Archive for the 'Ruthie' Category

Ruthie does Burt Bacharach

Tuesday: a chilled relaxed evening chez @Ruthie. Exotic multi-talented and charming Ruthie completes a glamorous dinner party by entertaining her guests; the prestigious Geeklawyer, infamous Canadian twitter accountant to the mob @Beangirl and the Homeless Guy AKA Mike. In a moment of drunken inspiration disconsolate Ruthie, rejected paramour of Geeklawyer, lurches drunkenly towards a cheap piano in the corner of her run-down sordid suburban apartment. Tormented by the inconsolable loss of the one true love of her life she exorcises her emotional demons through the medium known best to her empty inner soul:

Was that not pure joy? Realise, therefore, that the catastrophic destruction of the loss of Geeklawyer can yield joyous artistic results that benefit mankind.
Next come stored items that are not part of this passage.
//! Networks in the cells of a rung.

use crate::fitting::Feed;
use crate::grid::{Cell, Grid};
use crate::size::{Size, size_of};
use crate::tree::{Contact, contact_of, part_of};
use st_expression::{Expression, Operand};
use st_statements::constant_of;

/// The parts of expressions that helpers stand for, which have the numbers of variables from the first one on.
#[derive(Clone, Copy)]
pub(crate) struct Helpers<'h, 'a> {
    pub(crate) parts: &'h [&'a Expression],
    pub(crate) first: usize,
}

impl Helpers<'_, '_> {
    /// The contact that a helper or a single operand is, closed where that is `on`.
    fn contact(&self, expression: &Expression, on: bool) -> Option<Contact> {
        match (part_of(self.parts, expression), expression) {
            (Some(number), _) => Some(Contact {
                operand: Operand::Variable(self.first.saturating_add(number)),
                on,
            }),
            (None, Expression::Operand(operand)) => Some(Contact {
                operand: *operand,
                on,
            }),
            _ => None,
        }
    }

    /// The contact that an operand of `XOR` or `=` is: as above, or NOT of a single operand.
    fn crossed_contact(&self, expression: &Expression) -> Option<Contact> {
        match self.contact(expression, true) {
            Some(contact) => Some(contact),
            None => contact_of(expression),
        }
    }
}

/// Where a network is drawn: its upper left cell, and the column up to which its parts are led on.
#[derive(Clone, Copy)]
struct Corner {
    row: usize,
    column: usize,
    to: usize,
}

impl Corner {
    /// The rows of a network that takes no cell.
    fn rows(self) -> Rows {
        Rows {
            left: self.row,
            right: self.row,
        }
    }
}

/// The lowest rows of a network: of those that begin at its left end, and of those that end at its right end.
#[derive(Clone, Copy)]
struct Rows {
    left: usize,
    right: usize,
}

/// Leads rows that end on the left of a column on to another one, by wires in the highest. The lowest row that ends there.
fn lead_on(grid: &mut Grid, row: usize, lowest: usize, column: usize, to: usize) -> usize {
    if column < to {
        grid.join(column, row, lowest);
        grid.wires(row, column, to);
        row
    } else {
        lowest
    }
}

/// Draws a contact.
fn lay_contact(grid: &mut Grid, at: Corner, contact: Contact) -> Rows {
    grid.put(at.row, at.column, Cell::Contact(contact));
    lead_on(grid, at.row, at.row, at.column.saturating_add(1), at.to);
    at.rows()
}

/// The contact with a NOT before its operand, if it isn't to be `on`.
fn turned(contact: Contact, on: bool) -> Contact {
    Contact {
        operand: contact.operand,
        on: contact.on == on,
    }
}

/// Draws two contacts in series.
fn lay_series(grid: &mut Grid, at: Corner, first: Contact, second: Contact) {
    let behind = at.column.saturating_add(1);
    grid.put(at.row, at.column, Cell::Contact(first));
    lay_contact(
        grid,
        Corner {
            row: at.row,
            column: behind,
            to: at.to,
        },
        second,
    );
}

/// Draws two contacts of which just one is closed, or both or none where that isn't `on`.
fn lay_crossed(grid: &mut Grid, at: Corner, first: Contact, second: Contact, on: bool) -> Rows {
    let below = at.row.saturating_add(1);
    lay_series(grid, at, first, turned(second, !on));
    lay_series(
        grid,
        Corner { row: below, ..at },
        turned(first, false),
        turned(second, on),
    );
    Rows {
        left: below,
        right: below,
    }
}

/// Draws `XOR` of two operands, or `=` where it isn't `on`, if they are contacts.
fn lay_operands(
    grid: &mut Grid,
    at: Corner,
    helpers: Helpers<'_, '_>,
    operands: (&Expression, &Expression),
    on: bool,
) -> Rows {
    match (
        helpers.crossed_contact(operands.0),
        helpers.crossed_contact(operands.1),
    ) {
        (Some(first), Some(second)) => lay_crossed(grid, at, first, second, on),
        _ => at.rows(),
    }
}

/// Where two networks are drawn that are in series, or one below the other.
#[derive(Clone, Copy)]
struct Pair {
    first: Corner,
    second: Corner,
    /// Whether there is something of the first one, and of the second one.
    has_first: bool,
    has_second: bool,
}

/// Where two networks of these sizes are drawn: beside each other in one upper row, or one below the other, both led on to one column.
fn pair_of(is_series: bool, at: Corner, first: Size, second: Size) -> Pair {
    let middle = at.column.saturating_add(first.width);
    let below = at.row.saturating_add(first.height);
    Pair {
        first: Corner {
            row: at.row,
            column: at.column,
            to: if is_series { middle } else { at.to },
        },
        second: Corner {
            row: if is_series { at.row } else { below },
            column: if is_series { middle } else { at.column },
            to: if is_series {
                middle.saturating_add(second.width)
            } else {
                at.to
            },
        },
        has_first: first.width > 0,
        has_second: second.width > 0,
    }
}

/// Joins two networks that are drawn, and gives the lowest rows of both together.
fn end_pair(
    grid: &mut Grid,
    is_series: bool,
    at: Corner,
    pair: Pair,
    first: Rows,
    second: Rows,
) -> Rows {
    let left = if pair.has_first && (is_series || !pair.has_second) {
        first.left
    } else {
        second.left
    };
    let right = if pair.has_second {
        second.right
    } else {
        first.right
    };
    if !is_series {
        return Rows { left, right };
    }
    if pair.has_first && pair.has_second {
        grid.join(pair.second.column, at.row, first.right.max(second.left));
    }
    Rows {
        left,
        right: lead_on(grid, at.row, right, pair.second.to, at.to),
    }
}

/// Draws the network that is an expression, or its inverse where it isn't `on`, and gives its lowest rows.
fn lay(
    expression: &Expression,
    on: bool,
    at: Corner,
    helpers: Helpers<'_, '_>,
    grid: &mut Grid,
) -> Rows {
    if let Some(contact) = helpers.contact(expression, on) {
        return lay_contact(grid, at, contact);
    }
    if constant_of(expression).is_some() {
        return at.rows();
    }
    match expression {
        Expression::Constant(_) | Expression::Operand(_) => at.rows(),
        Expression::Not(a) => lay(a, !on, at, helpers, grid),
        Expression::And(a, b) | Expression::Or(a, b) => {
            let is_series = matches!(expression, Expression::And(_, _)) == on;
            let sizes = (size_of(a, on, helpers.parts), size_of(b, on, helpers.parts));
            let pair = pair_of(is_series, at, sizes.0, sizes.1);
            let first = lay(a, on, pair.first, helpers, grid);
            let second = lay(b, on, pair.second, helpers, grid);
            end_pair(grid, is_series, at, pair, first, second)
        }
        Expression::Equal(a, b) | Expression::Exclusive(a, b) => {
            let is_exclusive = matches!(expression, Expression::Exclusive(_, _)) == on;
            match (constant_of(a), constant_of(b)) {
                (Some(value), _) => lay(b, is_exclusive != value, at, helpers, grid),
                (_, Some(value)) => lay(a, is_exclusive != value, at, helpers, grid),
                _ => lay_operands(grid, at, helpers, (a, b), is_exclusive),
            }
        }
    }
}

/// Draws what leads to a cell in a row from the rail on, up to the column of that cell. The lowest row that ends there.
pub(crate) fn lay_feed(
    grid: &mut Grid,
    feed: Feed<'_>,
    helpers: Helpers<'_, '_>,
    row: usize,
    to: usize,
) -> usize {
    match feed {
        Feed::Rail => {
            grid.wires(row, 0, to);
            row
        }
        Feed::Network { expression, on } => {
            let width = size_of(expression, on, helpers.parts).width;
            let at = Corner {
                row,
                column: 0,
                to: width,
            };
            let rows = lay(expression, on, at, helpers, grid);
            lead_on(grid, row, rows.right, width, to)
        }
    }
}

/// The columns that what leads to a cell takes.
pub(crate) fn width_of(feed: Feed<'_>, helpers: Helpers<'_, '_>) -> usize {
    match feed {
        Feed::Rail => 0,
        Feed::Network { expression, on } => size_of(expression, on, helpers.parts).width,
    }
}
Geeklawyer will pour Ruthie into bed to sleep off her tearful drunken stupor.

A trainwreck can be a beautiful thing to observe from the safety of an emotional overpass.

Geeklawyer visits the bottom end of the profession & nearly destroys a large criminal trial

Ruthie was, as many were aware, recently pretending to be junior counsel in a multi-million pound criminal trial that Geeklawyer visited as it was drawing to its inevitable conclusion. In fact it nearly drew to a conclusion more rapidly as a result of Geeklawyer’s friendly visit.

Geeklawyer had merely intended to show up, provide Ruthie with moral support, dinner and some post-prandial ‘entertainment’ for a couple of hours while her Leader’s attention was off in another part of the country.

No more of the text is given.